Em entrevista ao NeoFeed, Megale disse nesta segunda-feira, 13 de março, que parte do mercado ainda não tem certeza se a intervenção do Federal Reserve (o banco central dos EUA) no fim de semana - decretando a falência do banco e protegendo os depósitos de todos os clientes, acima do limite previsto por lei - foi apenas o primeiro sinal de um quadro ainda mais grave que pode estar por vir.

A falência do SVB foi atribuída a uma má gestão de ativos, pois o banco havia comprado títulos do Tesouro de longo prazo antes do início do aumento das taxas de juros. Com os saques de clientes, teve de desfazer desse papeis a um valor de face menor para reforçar o caixa.

Segundo ele, o Fed foi obrigado a tomar as medidas anunciadas, pois tinha de garantir que todas as empresas e depositários com conta no SVB poderiam sacar o dinheiro em conta para evitar um contágio maior.

“Parte do mercado está hoje receoso, assusta o fato de o Fed ter se reunido em um domingo para tomar uma ação tão grandiosa para um banco pequeno, liberando depósito e linha de crédito”, diz.
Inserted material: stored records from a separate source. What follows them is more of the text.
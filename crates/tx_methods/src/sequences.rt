// The methods of tuples and lists. Items are compared where they lie, so they take no memory.
ghost use Rattle.std.specs.Prelude.{◌≡◌, Ok, Err, IfOk, count_by, position};
ghost use Rattle.tx_base.specs.declared.class.Class.{Class};
ghost use Rattle.tx_values.specs.Equality.{equal};
ghost use Rattle.tx_methods.specs.SequenceMethods.{sequence_method};

use crate::arguments::only;
use crate::builtins::natural;
use tx_base::Class;
use tx_tree::Method;
use tx_values::{OpError, Value, equal};

// How many items equal a value.
fn count_of(items: &[Value], a: &Value) -> usize
    ensures { result ≡ count_by (λ item. equal item a.now) items.now }
{
    items.iter().filter(|item| equal(item, a)).count()
}

// The first place of an item that equals a value.
fn place_of(items: &[Value], a: &Value) -> Option<usize>
    ensures { result ≡ position (λ item. equal item a.now) items.now }
{
    items.iter().position(|item| equal(item, a))
}

/// What a method of a tuple or a list gives.
pub(crate) fn sequence_method(m: Method, items: &[Value], args: &[Value]) -> Result<Value, OpError>
    ensures value { IfOk result (λ v. sequence_method m items.now args.now ≡ Ok v) }
    ensures raise { (c : Class) → result ≡ Err (OpError.Raise c) → sequence_method m items.now args.now ≡ Err c }
{
    match m {
        Method::Count => Ok(natural(count_of(items, only(args)?))),
        Method::Index => match place_of(items, only(args)?) {
            Some(place) => Ok(natural(place)),
            None => Err(OpError::Raise(Class::ValueError)),
        },
        _ => Err(OpError::Raise(Class::AttributeError)),
    }
}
Os ativos do SVB representavam menos de 1% do total do sistema financeiro americano.

Megale observa que, nessas horas, pesa também essa questão psicológica. “Crédito tem a ver com credibilidade, começa a voltar a lembrança da crise de 2007: se o Fed usa sua cavalaria máxima para esse banco (SVB), imagina quando ocorrer um problema maior?”, questiona.

Essa crise de credibilidade, de acordo com o economista-chefe da XP, ajuda a explicar a tensão nos bancos médios e regionais dos EUA e mercados europeus – que também tiveram um dia de resultados negativos.

“A suspeita é de que os bancos europeus podem ter o mesmo problema com os títulos do Tesouro dos bancos americanos afetados”, afirma. “Conceitualmente, uma carteira de títulos de Tesouro, seja americano, alemão ou francês, sempre foi segura, principalmente os de longo prazo, mas vender antes perde valor.”

Efeito nos juros

Megale explica que uma consequência direta da crise do SVB é a desconfiança do investidor em buscar bancos médios ou pequenos nos EUA.

A grande maioria das startups brasileiras era cliente do SVB, considerado o banco das startups. Na América Latina, a instituição tinha aproximadamente mil clientes. Com as medidas do Fed, não terão prejuízo.

“Mas tendem a buscar, a partir de agora, bancos maiores, j.p. morgan ou Citi, por exemplo, para gerir seu dinheiro, pois esses bancos têm uma carteira de papeis mais diversificada”, diz Megale.

Quanto a outra polêmica surgida nos últimos dias – a possibilidade de o Fed desistir de aumentar a taxa de juros por causa da crise dos bancos -, Megale observa que faria sentido reduzir os juros, hoje entre 4,50% e 4,75% ao ano, se a inflação estivesse em queda.

“A inflação ainda está alta, a rigor os juros deveriam subir, cortar os juros por causa da crise seria jogar gasolina na fogueira da inflação, justificar a medida por causa das más notícias pode emitir um sinal ainda pior sobre o que vem pela frente”, diz.

O economista da XP também não acredita que uma eventual redução dos juros nos EUA ajude o BC brasileiro a tomar a mesma medida. “Por sorte, a próxima reunião do Fed e do BC brasileiro sobre a taxa de juros está marcada para a semana que vem”, afirma. “Seria ruim tomar uma decisão enquanto o cenário não está claro.”